→ What the task requires
Look below for the line that contains "return Err(Stop::Failed(at));", then copy it and each following line exactly, through and including the line that contains "doc.now) × Fit".

--------------------------------------------------

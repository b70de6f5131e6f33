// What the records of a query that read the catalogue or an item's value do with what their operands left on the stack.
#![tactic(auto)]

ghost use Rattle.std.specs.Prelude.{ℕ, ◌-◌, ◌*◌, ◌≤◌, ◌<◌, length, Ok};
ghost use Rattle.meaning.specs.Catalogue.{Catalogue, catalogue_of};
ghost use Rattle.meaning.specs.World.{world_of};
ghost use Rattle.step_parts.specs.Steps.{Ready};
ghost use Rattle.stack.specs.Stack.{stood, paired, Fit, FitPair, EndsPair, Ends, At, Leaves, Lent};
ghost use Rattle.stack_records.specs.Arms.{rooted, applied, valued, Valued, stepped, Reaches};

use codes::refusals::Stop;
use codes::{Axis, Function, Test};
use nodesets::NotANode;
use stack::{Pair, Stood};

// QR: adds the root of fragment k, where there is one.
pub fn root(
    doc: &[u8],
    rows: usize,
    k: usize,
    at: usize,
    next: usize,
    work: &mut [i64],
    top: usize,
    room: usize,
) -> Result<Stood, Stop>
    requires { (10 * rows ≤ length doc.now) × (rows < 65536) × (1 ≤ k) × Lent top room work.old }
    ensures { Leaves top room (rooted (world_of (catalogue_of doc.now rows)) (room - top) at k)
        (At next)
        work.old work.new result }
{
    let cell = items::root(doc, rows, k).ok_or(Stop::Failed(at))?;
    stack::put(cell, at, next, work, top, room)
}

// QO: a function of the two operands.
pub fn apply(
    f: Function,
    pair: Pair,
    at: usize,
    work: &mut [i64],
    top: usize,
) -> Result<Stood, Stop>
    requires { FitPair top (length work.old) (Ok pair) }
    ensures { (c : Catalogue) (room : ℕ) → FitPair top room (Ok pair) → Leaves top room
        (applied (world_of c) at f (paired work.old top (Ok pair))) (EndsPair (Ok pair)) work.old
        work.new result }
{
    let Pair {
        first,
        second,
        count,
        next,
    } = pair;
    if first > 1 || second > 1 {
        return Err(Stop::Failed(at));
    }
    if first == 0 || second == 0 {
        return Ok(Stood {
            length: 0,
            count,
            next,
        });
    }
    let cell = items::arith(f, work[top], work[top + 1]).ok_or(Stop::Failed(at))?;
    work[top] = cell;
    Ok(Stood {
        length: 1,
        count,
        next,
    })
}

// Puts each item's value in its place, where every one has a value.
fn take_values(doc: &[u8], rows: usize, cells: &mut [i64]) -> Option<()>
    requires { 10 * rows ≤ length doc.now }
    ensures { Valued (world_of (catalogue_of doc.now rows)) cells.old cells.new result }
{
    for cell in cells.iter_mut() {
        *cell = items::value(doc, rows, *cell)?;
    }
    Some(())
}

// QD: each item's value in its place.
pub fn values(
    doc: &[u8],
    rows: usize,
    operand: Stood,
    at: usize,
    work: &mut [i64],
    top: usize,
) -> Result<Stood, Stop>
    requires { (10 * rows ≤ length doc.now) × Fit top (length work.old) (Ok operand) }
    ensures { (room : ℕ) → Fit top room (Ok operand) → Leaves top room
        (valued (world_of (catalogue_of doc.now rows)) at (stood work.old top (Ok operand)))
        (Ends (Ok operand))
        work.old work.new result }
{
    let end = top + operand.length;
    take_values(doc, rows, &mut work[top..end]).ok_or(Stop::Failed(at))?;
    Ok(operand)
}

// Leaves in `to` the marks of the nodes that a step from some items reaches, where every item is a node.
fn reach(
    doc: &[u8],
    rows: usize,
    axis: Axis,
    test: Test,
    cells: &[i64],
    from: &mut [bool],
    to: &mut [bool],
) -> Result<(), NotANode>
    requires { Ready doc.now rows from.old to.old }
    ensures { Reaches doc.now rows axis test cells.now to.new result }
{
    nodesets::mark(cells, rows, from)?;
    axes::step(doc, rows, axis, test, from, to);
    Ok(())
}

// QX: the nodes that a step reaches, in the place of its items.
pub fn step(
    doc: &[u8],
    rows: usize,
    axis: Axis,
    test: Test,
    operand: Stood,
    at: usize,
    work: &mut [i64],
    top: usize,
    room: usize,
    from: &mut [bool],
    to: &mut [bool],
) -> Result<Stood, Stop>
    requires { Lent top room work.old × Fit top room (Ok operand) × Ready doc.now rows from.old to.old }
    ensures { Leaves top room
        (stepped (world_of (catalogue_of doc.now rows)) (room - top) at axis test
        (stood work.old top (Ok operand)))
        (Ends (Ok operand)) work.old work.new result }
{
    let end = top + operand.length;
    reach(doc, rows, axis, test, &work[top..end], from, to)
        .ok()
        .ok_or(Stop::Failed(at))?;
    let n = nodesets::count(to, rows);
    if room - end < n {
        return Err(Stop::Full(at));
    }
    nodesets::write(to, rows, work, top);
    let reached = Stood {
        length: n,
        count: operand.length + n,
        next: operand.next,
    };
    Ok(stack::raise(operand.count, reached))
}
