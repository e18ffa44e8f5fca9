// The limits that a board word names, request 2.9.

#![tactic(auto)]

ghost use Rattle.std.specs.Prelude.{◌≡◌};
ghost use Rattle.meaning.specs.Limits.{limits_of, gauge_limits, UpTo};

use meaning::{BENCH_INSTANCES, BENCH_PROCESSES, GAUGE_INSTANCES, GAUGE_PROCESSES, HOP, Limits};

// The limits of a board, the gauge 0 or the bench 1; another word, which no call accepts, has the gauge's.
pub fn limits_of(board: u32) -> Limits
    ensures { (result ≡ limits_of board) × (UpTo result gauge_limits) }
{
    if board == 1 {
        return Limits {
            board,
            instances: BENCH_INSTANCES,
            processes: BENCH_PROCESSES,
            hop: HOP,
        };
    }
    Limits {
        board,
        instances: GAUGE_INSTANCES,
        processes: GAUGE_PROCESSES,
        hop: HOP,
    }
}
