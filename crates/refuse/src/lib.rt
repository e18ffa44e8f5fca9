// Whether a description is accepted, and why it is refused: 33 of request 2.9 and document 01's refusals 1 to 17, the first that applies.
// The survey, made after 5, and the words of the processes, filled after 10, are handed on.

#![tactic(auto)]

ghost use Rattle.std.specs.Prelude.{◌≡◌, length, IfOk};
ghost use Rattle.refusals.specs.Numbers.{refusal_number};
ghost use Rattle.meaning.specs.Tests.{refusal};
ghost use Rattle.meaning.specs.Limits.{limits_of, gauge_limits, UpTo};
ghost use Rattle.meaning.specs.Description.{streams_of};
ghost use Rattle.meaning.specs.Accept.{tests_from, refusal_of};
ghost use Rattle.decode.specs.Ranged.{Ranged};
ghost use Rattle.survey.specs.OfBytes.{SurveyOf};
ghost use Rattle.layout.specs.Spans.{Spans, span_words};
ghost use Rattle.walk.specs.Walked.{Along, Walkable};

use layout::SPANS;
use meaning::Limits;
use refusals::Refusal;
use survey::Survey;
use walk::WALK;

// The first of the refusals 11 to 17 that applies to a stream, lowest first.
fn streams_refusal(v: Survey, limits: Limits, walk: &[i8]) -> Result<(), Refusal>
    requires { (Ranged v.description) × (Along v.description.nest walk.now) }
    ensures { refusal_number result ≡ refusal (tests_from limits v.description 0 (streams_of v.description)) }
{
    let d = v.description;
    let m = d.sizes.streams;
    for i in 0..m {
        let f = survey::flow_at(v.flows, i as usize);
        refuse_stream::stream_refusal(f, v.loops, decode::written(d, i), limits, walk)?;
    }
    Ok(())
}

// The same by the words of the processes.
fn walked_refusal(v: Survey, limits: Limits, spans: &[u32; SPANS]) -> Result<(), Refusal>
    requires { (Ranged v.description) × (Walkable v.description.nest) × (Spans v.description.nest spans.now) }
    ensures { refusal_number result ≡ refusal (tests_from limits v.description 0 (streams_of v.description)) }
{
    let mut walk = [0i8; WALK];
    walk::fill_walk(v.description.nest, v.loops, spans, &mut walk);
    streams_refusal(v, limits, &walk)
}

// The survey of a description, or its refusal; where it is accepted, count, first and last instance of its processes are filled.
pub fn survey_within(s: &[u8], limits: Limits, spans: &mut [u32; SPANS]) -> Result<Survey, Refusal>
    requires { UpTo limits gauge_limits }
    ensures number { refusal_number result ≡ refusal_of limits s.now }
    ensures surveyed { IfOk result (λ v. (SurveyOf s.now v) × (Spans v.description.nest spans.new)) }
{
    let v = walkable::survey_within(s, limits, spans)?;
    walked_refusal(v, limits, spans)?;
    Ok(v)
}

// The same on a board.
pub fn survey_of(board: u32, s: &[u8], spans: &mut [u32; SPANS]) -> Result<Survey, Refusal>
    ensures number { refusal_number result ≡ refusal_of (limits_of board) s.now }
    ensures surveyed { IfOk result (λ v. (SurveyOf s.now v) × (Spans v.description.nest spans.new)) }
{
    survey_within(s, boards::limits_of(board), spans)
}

--------------------------------------------------

→ Your solution
        return Err(Stop::Failed(at));
    }
    if first == 0 || second == 0 {
        return Ok(Stood {
            length: 0,
            count,
            next,
        });
    }
    let cell = items::arith(f, work[top], work[top + 1]).ok_or(Stop::Failed(at))?;
    work[top] = cell;
    Ok(Stood {
        length: 1,
        count,
        next,
    })
}

// Puts each item's value in its place, where every one has a value.
fn take_values(doc: &[u8], rows: usize, cells: &mut [i64]) -> Option<()>
    requires { 10 * rows ≤ length doc.now }
    ensures { Valued (world_of (catalogue_of doc.now rows)) cells.old cells.new result }
{
    for cell in cells.iter_mut() {
        *cell = items::value(doc, rows, *cell)?;
    }
    Some(())
}

// QD: each item's value in its place.
pub fn values(
    doc: &[u8],
    rows: usize,
    operand: Stood,
    at: usize,
    work: &mut [i64],
    top: usize,
) -> Result<Stood, Stop>
    requires { (10 * rows ≤ length doc.now) × Fit top (length work.old) (Ok operand) }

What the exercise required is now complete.